- WHAT IS EXPECTED -
As the answer, set down the lines below from the one containing "let end = run_end(line, start, false);" through the one containing "filename crates/notation/src/putting.rt", exactly and inclusively, and no others.

- Extracted records -
((

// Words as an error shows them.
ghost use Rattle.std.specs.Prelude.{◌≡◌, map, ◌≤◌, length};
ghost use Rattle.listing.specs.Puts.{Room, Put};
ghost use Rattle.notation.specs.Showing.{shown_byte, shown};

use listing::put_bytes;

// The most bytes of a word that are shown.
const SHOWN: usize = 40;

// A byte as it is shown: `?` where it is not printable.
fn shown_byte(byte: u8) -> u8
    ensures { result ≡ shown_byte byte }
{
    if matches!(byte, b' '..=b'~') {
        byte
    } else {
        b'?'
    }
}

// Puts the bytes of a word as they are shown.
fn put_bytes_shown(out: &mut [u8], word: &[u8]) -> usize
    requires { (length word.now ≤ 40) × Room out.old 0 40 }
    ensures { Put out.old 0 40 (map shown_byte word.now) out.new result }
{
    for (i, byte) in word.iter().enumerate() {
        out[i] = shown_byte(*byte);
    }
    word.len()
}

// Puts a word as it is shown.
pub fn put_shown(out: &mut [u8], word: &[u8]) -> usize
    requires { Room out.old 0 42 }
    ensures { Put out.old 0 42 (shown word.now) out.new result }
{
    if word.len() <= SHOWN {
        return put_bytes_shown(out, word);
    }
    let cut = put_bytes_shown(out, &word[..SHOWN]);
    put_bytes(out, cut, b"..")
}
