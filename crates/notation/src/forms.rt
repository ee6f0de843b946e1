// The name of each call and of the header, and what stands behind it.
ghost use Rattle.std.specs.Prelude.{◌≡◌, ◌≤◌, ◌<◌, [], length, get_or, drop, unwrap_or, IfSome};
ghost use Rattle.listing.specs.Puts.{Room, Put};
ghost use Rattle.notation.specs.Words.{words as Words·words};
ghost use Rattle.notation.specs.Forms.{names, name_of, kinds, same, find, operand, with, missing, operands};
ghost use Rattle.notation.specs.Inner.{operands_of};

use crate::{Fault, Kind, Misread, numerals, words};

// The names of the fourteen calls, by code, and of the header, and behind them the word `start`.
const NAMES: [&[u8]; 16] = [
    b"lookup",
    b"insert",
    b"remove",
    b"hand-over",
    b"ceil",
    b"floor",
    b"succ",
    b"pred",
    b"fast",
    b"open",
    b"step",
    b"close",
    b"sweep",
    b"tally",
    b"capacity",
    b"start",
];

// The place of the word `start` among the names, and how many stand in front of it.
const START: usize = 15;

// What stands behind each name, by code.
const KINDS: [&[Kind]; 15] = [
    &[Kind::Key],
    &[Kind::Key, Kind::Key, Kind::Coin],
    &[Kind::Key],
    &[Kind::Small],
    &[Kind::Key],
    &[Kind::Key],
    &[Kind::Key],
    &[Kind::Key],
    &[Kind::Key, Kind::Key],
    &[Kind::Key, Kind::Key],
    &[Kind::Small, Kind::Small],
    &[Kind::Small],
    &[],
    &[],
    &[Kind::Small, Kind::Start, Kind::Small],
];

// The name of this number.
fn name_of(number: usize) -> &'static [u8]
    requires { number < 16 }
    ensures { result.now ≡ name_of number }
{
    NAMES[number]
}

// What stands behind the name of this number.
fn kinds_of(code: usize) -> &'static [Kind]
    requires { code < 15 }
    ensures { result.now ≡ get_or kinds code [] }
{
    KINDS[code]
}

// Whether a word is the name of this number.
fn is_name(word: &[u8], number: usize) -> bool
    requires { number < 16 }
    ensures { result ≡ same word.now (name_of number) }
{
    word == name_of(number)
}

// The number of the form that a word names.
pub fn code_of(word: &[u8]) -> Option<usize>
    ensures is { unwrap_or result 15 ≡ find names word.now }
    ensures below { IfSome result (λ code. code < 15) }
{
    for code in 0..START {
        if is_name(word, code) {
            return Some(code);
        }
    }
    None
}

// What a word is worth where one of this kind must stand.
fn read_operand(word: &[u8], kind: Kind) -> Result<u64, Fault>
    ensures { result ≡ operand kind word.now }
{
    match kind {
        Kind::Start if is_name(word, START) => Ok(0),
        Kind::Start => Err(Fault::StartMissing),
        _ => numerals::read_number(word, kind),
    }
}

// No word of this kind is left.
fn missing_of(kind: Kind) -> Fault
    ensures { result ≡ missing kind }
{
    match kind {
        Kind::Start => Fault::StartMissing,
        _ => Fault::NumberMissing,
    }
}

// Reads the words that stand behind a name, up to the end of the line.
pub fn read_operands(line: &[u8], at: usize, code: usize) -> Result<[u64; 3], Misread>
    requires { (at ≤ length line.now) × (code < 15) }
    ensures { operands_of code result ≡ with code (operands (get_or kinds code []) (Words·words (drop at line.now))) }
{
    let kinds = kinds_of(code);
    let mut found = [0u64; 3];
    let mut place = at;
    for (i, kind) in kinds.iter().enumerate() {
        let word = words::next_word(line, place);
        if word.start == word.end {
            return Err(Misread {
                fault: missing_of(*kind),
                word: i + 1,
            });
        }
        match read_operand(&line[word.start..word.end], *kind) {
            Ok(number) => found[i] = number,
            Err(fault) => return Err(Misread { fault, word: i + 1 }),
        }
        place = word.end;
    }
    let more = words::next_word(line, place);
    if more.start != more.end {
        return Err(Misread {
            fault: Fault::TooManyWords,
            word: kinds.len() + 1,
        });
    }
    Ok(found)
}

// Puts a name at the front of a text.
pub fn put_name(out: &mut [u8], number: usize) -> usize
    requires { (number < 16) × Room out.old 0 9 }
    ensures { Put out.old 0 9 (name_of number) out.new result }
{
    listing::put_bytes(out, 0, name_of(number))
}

))
((

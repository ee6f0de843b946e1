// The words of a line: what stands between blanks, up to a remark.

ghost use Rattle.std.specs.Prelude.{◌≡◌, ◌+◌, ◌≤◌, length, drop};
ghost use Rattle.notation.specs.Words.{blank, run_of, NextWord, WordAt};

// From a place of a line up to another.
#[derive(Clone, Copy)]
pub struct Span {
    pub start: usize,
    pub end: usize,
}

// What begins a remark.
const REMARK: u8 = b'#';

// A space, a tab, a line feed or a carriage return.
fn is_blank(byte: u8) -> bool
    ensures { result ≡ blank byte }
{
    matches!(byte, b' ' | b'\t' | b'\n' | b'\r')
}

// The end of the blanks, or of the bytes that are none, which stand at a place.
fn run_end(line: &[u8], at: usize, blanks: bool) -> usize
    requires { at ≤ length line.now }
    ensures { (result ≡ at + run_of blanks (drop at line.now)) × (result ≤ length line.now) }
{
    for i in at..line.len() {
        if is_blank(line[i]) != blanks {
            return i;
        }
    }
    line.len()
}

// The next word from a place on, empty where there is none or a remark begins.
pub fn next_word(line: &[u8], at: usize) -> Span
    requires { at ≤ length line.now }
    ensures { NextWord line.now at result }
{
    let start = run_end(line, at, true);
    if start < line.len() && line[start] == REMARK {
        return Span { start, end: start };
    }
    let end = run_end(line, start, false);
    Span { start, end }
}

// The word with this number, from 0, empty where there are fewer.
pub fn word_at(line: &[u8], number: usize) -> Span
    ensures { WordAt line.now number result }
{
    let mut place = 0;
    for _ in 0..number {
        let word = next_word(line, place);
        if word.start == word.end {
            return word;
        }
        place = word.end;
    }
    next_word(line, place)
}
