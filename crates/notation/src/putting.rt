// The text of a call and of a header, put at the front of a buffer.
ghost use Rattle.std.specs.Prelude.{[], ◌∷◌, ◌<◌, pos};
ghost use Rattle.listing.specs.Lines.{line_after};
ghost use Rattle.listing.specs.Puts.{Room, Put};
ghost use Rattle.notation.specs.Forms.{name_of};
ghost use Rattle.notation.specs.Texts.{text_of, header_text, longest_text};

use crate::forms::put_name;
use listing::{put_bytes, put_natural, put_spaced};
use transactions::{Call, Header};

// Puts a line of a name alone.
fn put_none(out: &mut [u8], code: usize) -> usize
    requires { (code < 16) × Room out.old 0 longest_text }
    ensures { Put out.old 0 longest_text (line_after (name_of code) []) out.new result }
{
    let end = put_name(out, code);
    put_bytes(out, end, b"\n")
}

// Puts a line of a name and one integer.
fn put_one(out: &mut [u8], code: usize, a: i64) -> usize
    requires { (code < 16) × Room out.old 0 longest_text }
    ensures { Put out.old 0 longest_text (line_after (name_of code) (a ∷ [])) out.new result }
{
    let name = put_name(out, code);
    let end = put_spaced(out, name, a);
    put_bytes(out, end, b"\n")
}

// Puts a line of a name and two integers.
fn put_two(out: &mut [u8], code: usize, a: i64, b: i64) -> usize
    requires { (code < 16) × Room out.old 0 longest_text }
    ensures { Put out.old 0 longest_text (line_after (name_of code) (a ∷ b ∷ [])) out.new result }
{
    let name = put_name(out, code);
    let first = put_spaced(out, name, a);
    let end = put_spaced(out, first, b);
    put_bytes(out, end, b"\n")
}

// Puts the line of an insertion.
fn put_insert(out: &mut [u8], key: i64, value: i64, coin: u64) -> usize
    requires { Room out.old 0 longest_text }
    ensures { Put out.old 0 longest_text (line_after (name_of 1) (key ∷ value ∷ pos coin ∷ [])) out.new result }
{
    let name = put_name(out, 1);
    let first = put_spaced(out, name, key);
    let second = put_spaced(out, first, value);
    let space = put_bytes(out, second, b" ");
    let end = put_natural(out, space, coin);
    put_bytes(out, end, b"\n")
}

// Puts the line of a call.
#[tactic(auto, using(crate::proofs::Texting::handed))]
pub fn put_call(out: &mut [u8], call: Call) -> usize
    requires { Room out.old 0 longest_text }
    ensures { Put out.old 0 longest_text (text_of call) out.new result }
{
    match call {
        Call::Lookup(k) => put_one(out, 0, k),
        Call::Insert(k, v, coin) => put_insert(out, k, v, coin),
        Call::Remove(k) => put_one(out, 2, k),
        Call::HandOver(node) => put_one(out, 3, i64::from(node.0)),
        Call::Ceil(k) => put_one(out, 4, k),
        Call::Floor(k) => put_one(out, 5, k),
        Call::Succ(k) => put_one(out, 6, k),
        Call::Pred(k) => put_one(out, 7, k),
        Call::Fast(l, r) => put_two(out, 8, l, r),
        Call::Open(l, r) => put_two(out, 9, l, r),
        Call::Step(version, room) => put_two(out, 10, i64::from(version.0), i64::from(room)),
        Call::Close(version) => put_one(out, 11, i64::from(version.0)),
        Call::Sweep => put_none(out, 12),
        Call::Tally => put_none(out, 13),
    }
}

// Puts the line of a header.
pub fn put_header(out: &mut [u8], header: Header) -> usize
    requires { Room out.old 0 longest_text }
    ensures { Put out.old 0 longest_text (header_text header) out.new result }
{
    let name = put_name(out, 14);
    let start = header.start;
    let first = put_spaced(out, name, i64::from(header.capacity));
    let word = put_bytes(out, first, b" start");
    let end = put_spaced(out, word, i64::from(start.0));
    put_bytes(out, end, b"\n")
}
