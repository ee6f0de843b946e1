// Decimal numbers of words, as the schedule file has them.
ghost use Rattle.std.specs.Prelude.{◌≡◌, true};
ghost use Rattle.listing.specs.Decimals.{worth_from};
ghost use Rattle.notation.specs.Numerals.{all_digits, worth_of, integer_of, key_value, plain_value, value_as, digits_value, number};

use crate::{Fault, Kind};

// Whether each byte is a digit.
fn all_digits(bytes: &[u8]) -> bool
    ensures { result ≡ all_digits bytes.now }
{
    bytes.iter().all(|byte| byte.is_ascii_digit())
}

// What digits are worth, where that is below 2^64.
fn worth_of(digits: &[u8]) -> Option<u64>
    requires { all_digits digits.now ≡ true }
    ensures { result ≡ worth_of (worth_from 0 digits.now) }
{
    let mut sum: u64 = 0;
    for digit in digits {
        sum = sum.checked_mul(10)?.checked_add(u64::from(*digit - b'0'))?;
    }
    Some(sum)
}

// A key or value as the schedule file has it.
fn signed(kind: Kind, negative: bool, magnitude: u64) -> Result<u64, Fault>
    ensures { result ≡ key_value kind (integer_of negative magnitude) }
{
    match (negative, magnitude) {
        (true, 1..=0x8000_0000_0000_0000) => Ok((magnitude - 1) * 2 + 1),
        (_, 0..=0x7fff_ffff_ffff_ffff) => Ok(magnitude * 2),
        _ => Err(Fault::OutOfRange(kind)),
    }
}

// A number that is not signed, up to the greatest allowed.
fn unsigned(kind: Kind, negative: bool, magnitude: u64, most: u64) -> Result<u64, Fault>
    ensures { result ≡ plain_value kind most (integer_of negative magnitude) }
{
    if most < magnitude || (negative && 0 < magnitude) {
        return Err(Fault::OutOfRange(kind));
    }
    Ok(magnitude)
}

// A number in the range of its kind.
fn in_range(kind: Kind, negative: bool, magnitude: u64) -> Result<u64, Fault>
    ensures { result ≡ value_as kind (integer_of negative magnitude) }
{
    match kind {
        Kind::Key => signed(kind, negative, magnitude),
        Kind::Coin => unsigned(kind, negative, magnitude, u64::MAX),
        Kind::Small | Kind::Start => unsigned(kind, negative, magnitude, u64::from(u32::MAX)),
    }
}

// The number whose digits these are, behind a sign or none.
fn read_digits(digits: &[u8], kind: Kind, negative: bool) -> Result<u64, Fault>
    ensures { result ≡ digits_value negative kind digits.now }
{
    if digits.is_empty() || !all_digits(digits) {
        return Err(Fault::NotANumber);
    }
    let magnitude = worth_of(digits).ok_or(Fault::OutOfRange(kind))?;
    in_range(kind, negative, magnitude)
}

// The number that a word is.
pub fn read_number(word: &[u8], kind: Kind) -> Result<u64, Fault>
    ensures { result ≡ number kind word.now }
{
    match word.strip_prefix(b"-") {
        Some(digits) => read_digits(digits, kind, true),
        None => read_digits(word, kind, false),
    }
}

))

- EXPECTED ANSWER -
    let end = run_end(line, start, false);
    Span { start, end }
}

// The word with this number, from 0, empty where there are fewer.
pub fn word_at(line: &[u8], number: usize) -> Span
    ensures { WordAt line.now number result }
{
    let mut place = 0;
    for _ in 0..number {
        let word = next_word(line, place);
        if word.start == word.end {
            return word;
        }
        place = word.end;
    }
    next_word(line, place)
}
filename crates/notation/src/putting.rt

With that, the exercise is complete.